Inspecting a core transmission So, you are considering buying a used transmission and the owner tells you that is shifted properly when before it was pulled and stored. So what? Unless someone can provide you with irrefutable evidence that the transmission was in good shape or has had some work done to it, it is a core. Feel free to violate this rule at your own financial peril. But, the box shift just fine by hand or in the car. I don't care. That and $3 will get you a beer at most bars, but it will not prove that your core transmission is any good. However, if it does not shift that doesn't mean anything either. More on that point later after rebuild. The output flanges should turn independently and together.
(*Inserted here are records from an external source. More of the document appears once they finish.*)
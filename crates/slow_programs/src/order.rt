//! The walk through the insertion tree.
ghost use Rattle.std.specs.Prelude.{◌≡◌, ◌≤◌, ◌<◌, ◌∷◌, ◌++◌, length, take, drop, IfOk, OnOk, Option, Some, None};
ghost use Rattle.op_model.specs.Characters.{character_in, characters as characters_of, in_order};
ghost use Rattle.op_model.specs.Walk.{is_parent, below, walk as walk_of};

use op_ids::OpId;
use op_model::{Character, Op};
use std::alloc::{AllocError, Global};

/// The characters that were ever inserted into a document, in rising order of id. An error is out
/// of memory (1).
pub fn characters(alloc: Global, ops: &[Op], doc: u32) -> Result<Vec<Character>, AllocError>
    ensures { IfOk result (λ found. found.items ≡ characters_of ops.now doc) }
{
    let mut found = Vec::new(alloc);
    let mut i = ops.len();
    while i > 0 {
        i -= 1;
        if let Some(character) = character_in_doc(&ops[i], doc) {
            insert_in_order(&mut found, &character)?;
        }
    }
    Ok(found)
}

/// All characters of a document in the order of its text, tombstones too. An error is out of
/// memory (1). Recurses as deep as inserts hang below one another.
pub fn walk(alloc: Global, ops: &[Op], doc: u32) -> Result<Vec<Character>, AllocError>
    ensures { IfOk result (λ walked. walked.items ≡ walk_of ops.now doc) }
{
    let inserts = characters(alloc, ops, doc)?;
    let mut walked = Vec::new(alloc);
    push_below(&None, &inserts, &mut walked)?;
    Ok(walked)
}

fn character_in_doc(op: &Op, doc: u32) -> Option<Character>
    ensures { result ≡ character_in doc op.now }
{
    if op.doc == doc { op.character() } else { None }
}

fn insert_in_order(characters: &mut Vec<Character>, character: &Character) -> Result<(), AllocError>
    ensures { OnOk result (characters.new.items ≡ in_order character.now characters.old.items) }
{
    let at = index_in_order(characters, character);
    characters.insert(at, *character)?;
    Ok(())
}

/// The index of the first that has a greater id, or how many there are.
fn index_in_order(characters: &[Character], character: &Character) -> usize
    ensures within { result ≤ length characters.now }
    ensures there { in_order character.now characters.now
        ≡ take result characters.now ++ character.now ∷ drop result characters.now }
{
    for (i, other) in characters.iter().enumerate() {
        if character.id.is_below(other.id) {
            return i;
        }
    }
    characters.len()
}

fn push_below(
    parent: &Option<OpId>,
    inserts: &[Character],
    walked: &mut Vec<Character>,
) -> Result<(), AllocError>
    ensures { OnOk result (walked.new.items ≡ walked.old.items ++ below parent.now inserts.now) }
{
    let mut i = inserts.len();
    while i > 0 {
        i -= 1;
        let child = &inserts[i];
        if is_child(parent, child) {
            walked.push(*child)?;
            push_below(&Some(child.id), &inserts[i + 1..], walked)?;
        }
    }
    Ok(())
}

fn is_child(parent: &Option<OpId>, child: &Character) -> bool
    ensures { result ≡ is_parent parent.now child.now.origin }
{
    match (parent, &child.origin) {
        (None, None) => true,
        (Some(a), Some(b)) => a.is_same(*b),
        _ => false,
    }
}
If they do not turn independently, but do turn together, you may have a welded diff or a rare LSD. Not likely, but I don't want to dash your hopes
Definite signs of concern include, but are not limited to: drive shaft has much axial play, output shafts do not move at all, output shafts make a grinding noise when turning, current owner looks nervous and deflects your questions, etc.
A word on reading used transmission oil A lot can be deduced from the oil you get out of a core transmission. However, you can not rely solely on this method as it is easy for someone to change out the oil and then let it sit leaving the oil relatively clean. Giant gold or other metal chunks are concerning for bearing failure. Gold flake in the oil is often indicative of normal wear and tear on the consumable parts in the stack. Oil that is gooey or burnt is indicative of a neglected box and may mean lots of parts to be needed to rebuild. Lots of shavings on the magnetic drain plug is not cause for concern as it is often due to normal wear and tear.